What is acceptable security?

2008-01-08 2-minute read

The security we use to protect May First/People Link members is not perfect, but we try pretty hard with what I would consider to be a good results.

I’m constantly amazed to see how much better capitalized industries and companies fail to take even basic steps to secure their systems.

Consider the banking industry. We’ve always known that the information that is on our credit cards - the same credit cards we hand over to countless people, the same information we provide over the phone and the Internet to yet more people, is all the information anyone needs to take our money. This should not come as a surprise, given our history with checks. The information on a single check is enough to compromise ourselves financially (thanks dkg for pointing out an interesting articles on the topic of identity theft via routing numbers.

The other day I read an [article about a credit card breach]((http://www.nytimes.com/2008/03/23/us/23credit.html) due to information be stolen in transit between computers. My favorite quote was: “Wider use of encryption might seem an obvious answer. But in practice, encryption is unused at certain points in a data-processing chain because the computing power it requires can slow transactions.” Hm. I guess it depends on where you priorities are.

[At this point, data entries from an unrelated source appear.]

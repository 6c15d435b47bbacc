//! The calls and signals in initialisers that reach nothing and have no default.

ghost use Rattle.std.specs.Prelude.{map};
ghost use Rattle.std.specs.Option.{option_map};
ghost use Rattle.body_meaning.specs.View.{init_of, inits as inits_of};
ghost use Rattle.item_targets.specs.Search.{Adds};
ghost use Rattle.item_targets.specs.Walk.{init_at, init_of_at, inits_at};

use crate::elements::Reaches;
use crate::expressions::in_expr;
use crate::search::Search;
use crate::walk::Walk;
use nesc_tree::Init;
use nm_base::{List, NoMemory};

#[cycle(initialisers)]
#[tactic(auto, unfolding(crate::specs::Search::Adds, crate::specs::Walk::expr_at, crate::specs::Walk::init_at, crate::specs::Walk::inits_at))]
fn in_init<R: Reaches>(walk: &Walk<'_, R>, search: &mut Search, init: &Init) -> Result<(), NoMemory>
    ensures { Adds result (init_at R.reach walk.now (init_of init.now)) search.old search.new }
{
    match init {
        Init::One(e) => in_expr(walk, search, e),
        Init::Many(inits) => in_inits(walk, search, inits),
    }
}

#[cycle(initialisers)]
#[tactic(auto, unfolding(crate::specs::Search::Adds))]
fn in_inits<R: Reaches>(
    walk: &Walk<'_, R>,
    search: &mut Search,
    inits: &List<Init>,
) -> Result<(), NoMemory>
    ensures { Adds result (inits_at R.reach walk.now (inits_of (map init_of inits.now))) search.old search.new }
{
    for init in inits.as_slice() {
        in_init(walk, search, init)?;
    }
    Ok(())
}

/// Adds those in an initialiser, if there is one.
#[tactic(auto, unfolding(crate::specs::Search::Adds, crate::specs::Walk::init_at, crate::specs::Walk::init_of_at))]
pub(crate) fn in_maybe_init<R: Reaches>(
    walk: &Walk<'_, R>,
    search: &mut Search,
    init: &Option<Init>,
) -> Result<(), NoMemory>
    ensures { Adds result (init_of_at R.reach walk.now (option_map init_of init.now)) search.old search.new }
{
    match init {
        None => Ok(()),
        Some(init) => in_init(walk, search, init),
    }
}
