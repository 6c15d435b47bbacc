//! Wires, with refusals as faults.

ghost use Rattle.std.specs.Prelude.{◌≡◌, Ok, Err, IfOk};
ghost use Rattle.nm_base.specs.declared.fault.Fault.{Fault as FaultOf};
ghost use Rattle.wire_phases.specs.Faults.{IsRefusal};
ghost use Rattle.wire_phases.specs.Wired as spec;

use crate::faults::wire_fault;
use nm_base::Fault;
use std::alloc::Global;
use wire_instances::Made;
use wire_pairs::{InstanceFacts, Pair, Stop, pairs};
use wire_units::Loaded;

/// The pairs of ends that the wires of these instances link, where this is told of their types and constants. Refuses the first
/// wire that is refused, with E10, E11, E12 or E14.
#[tactic(auto, using(crate::proofs::Refusals::refusals))]
pub fn linked(
    alloc: Global,
    units: &[Loaded],
    made: &[Made],
    facts: &[InstanceFacts],
) -> Result<Vec<Pair>, Fault>
    ensures linked { IfOk result (λ pairs. spec.linked units.now made.now facts.now ≡ Ok pairs.items) }
    ensures refused { (fault : FaultOf) → result ≡ Err fault → IsRefusal fault → spec.linked units.now made.now facts.now ≡ Err fault }
{
    match pairs(alloc, units, made, facts) {
        Ok(pairs) => Ok(pairs),
        Err(Stop::Unlinked(unlinked)) => Err(wire_fault(unlinked)),
        Err(Stop::NoMemory) => Err(Fault::NoMemory),
    }
}
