//! How far a context has come: what it did, and what its body does next.

ghost use Rattle.std.specs.Prelude.{◌≡◌, ◌<◌, ◌+◌, ◌==◌, ◌&&◌, ◌++◌, ◌∷◌, [], ℕ, IfOk, OnOk, Some, slice_get, length, option_to_list};
ghost use Rattle.nm_base.specs.Behaviour as behaviour;
ghost use Rattle.nm_base.specs.Lists.{number_of};
ghost use Rattle.nesc_core.specs.View.{program_of};
ghost use Rattle.nesc_core.specs.WellFormed.{IsWellFormed};
ghost use Rattle.core_meaning.specs.Source.{act_of};
ghost use Rattle.core_meaning.specs.SourceOf.{source_of};
ghost use Rattle.run_meaning.specs.State.{new_context};
ghost use Rattle.run_meaning.specs.Runs.{with_made};
ghost use Rattle.run_checker.specs.Contexts.{IsAnswered, IsKnown, IsPushed, context_of, performance_of};
ghost use Rattle.run_checker.specs.Tells.{Tells};

use core_act::{Performance, performed};
use nesc_core::Program;
use nm_base::{Action, NoMemory};
use std::alloc::Global;

/// A context: its body, the actions that it did, how many of these begin and end an atomic statement, the answers that it got,
/// and with these answers all actions of its body, and whether the body ends with them.
#[derive(Drop)]
pub(crate) struct Progress {
    pub body: Option<u32>,
    pub made: Vec<Action>,
    pub begins: u32,
    pub ends: u32,
    pub answers: Vec<u16>,
    pub ahead: Vec<Action>,
    pub ended: bool,
}

fn ahead_of(
    alloc: Global,
    p: &Program,
    body: Option<u32>,
    answers: &[u16],
    turns: u32,
) -> Result<Performance, NoMemory>
    requires { IsWellFormed (program_of p.now) }
    ensures { IfOk result (λ done. performance_of done ≡ act_of (source_of (program_of p.now)) body answers.now turns) }
{
    match body {
        Some(f) => performed(alloc, p, f, answers, turns),
        None => Ok(Performance {
            actions: Vec::new(alloc),
            ended: true,
        }),
    }
}

/// A context that begins.
pub(crate) fn begun(
    alloc: Global,
    p: &Program,
    body: Option<u32>,
    turns: u32,
) -> Result<Progress, NoMemory>
    requires { IsWellFormed (program_of p.now) }
    ensures context { IfOk result (λ c. context_of c ≡ new_context body) }
    ensures known { IfOk result (λ c. IsKnown (program_of p.now) turns c) }
{
    let done = ahead_of(alloc, p, body, &[], turns)?;
    Ok(Progress {
        body,
        made: Vec::new(alloc),
        begins: 0,
        ends: 0,
        answers: Vec::new(alloc),
        ahead: done.actions,
        ended: done.ended,
    })
}

/// Whether this action comes next.
pub(crate) fn is_next(c: &Progress, a: Action) -> bool
    ensures { Tells result (slice_get c.now.ahead.items (length c.now.made.items) ≡ Some a) }
{
    match c.ahead.get(c.made.len()) {
        Some(next) => *next == a,
        None => false,
    }
}

/// Whether the body has ended.
pub(crate) fn has_ended(c: &Progress) -> bool
    ensures { result ≡ (c.now.ended && length c.now.made.items == length c.now.ahead.items) }
{
    c.ended && c.made.len() == c.ahead.len()
}

// One more where it is so.
fn counted(count: u32, is_one: bool) -> u32
    requires { count + 1 < 0x100000000 }
    ensures { result ≡ count + number_of is_one }
{
    if is_one { count + 1 } else { count }
}

fn is_begin(a: Action) -> bool
    ensures { result ≡ behaviour.is_begin a }
{
    match a {
        Action::Begin => true,
        _ => false,
    }
}

fn is_end(a: Action) -> bool
    ensures { result ≡ behaviour.is_end a }
{
    match a {
        Action::End => true,
        _ => false,
    }
}

fn push_action(c: &mut Progress, a: Action) -> Result<(), NoMemory>
    requires begins { c.old.begins + 1 < 0x100000000 }
    requires ends { c.old.ends + 1 < 0x100000000 }
    ensures { OnOk result (IsPushed a c.old c.new) }
{
    c.made.push(a)?;
    c.begins = counted(c.begins, is_begin(a));
    c.ends = counted(c.ends, is_end(a));
    Ok(())
}

// One answer more.
fn push_answer(
    alloc: Global,
    p: &Program,
    turns: u32,
    c: &mut Progress,
    answer: u16,
) -> Result<(), NoMemory>
    requires { IsWellFormed (program_of p.now) }
    ensures { OnOk result (IsAnswered (program_of p.now) turns answer c.old c.new) }
{
    c.answers.push(answer)?;
    let done = ahead_of(alloc, p, c.body, &c.answers, turns)?;
    c.ahead = done.actions;
    c.ended = done.ended;
    Ok(())
}

/// One action more, which comes next, and its answer.
pub(crate) fn push(
    alloc: Global,
    p: &Program,
    turns: u32,
    c: &mut Progress,
    a: Action,
    answer: Option<u16>,
) -> Result<(), NoMemory>
    requires formed { IsWellFormed (program_of p.now) }
    requires known { IsKnown (program_of p.now) turns c.old }
    requires few { length c.old.made.items < turns }
    requires next { slice_get c.old.ahead.items (length c.old.made.items) ≡ Some a }
    ensures context { OnOk result (context_of c.new ≡ with_made a (option_to_list answer) (context_of c.old)) }
    ensures known { OnOk result (IsKnown (program_of p.now) turns c.new) }
{
    push_action(c, a)?;
    match answer {
        Some(x) => push_answer(alloc, p, turns, c, x),
        None => Ok(()),
    }
}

This morning I had yet another experience - this one personal. I realized that I didn’t have the flight number or confirmation of a flight I bought for my brother. I called the American Airlines phone number and, talking to their automated voice thingy, I gave the city and time of the departure and my brother’s last name and AA confirmed his flight. I had my credit card ready so I could enter the last four digits to prove that I was the one who bought the ticket - but apparently that’s not necessary. I considered calling back and saying a number of different last names to see if I could build a list of passengers.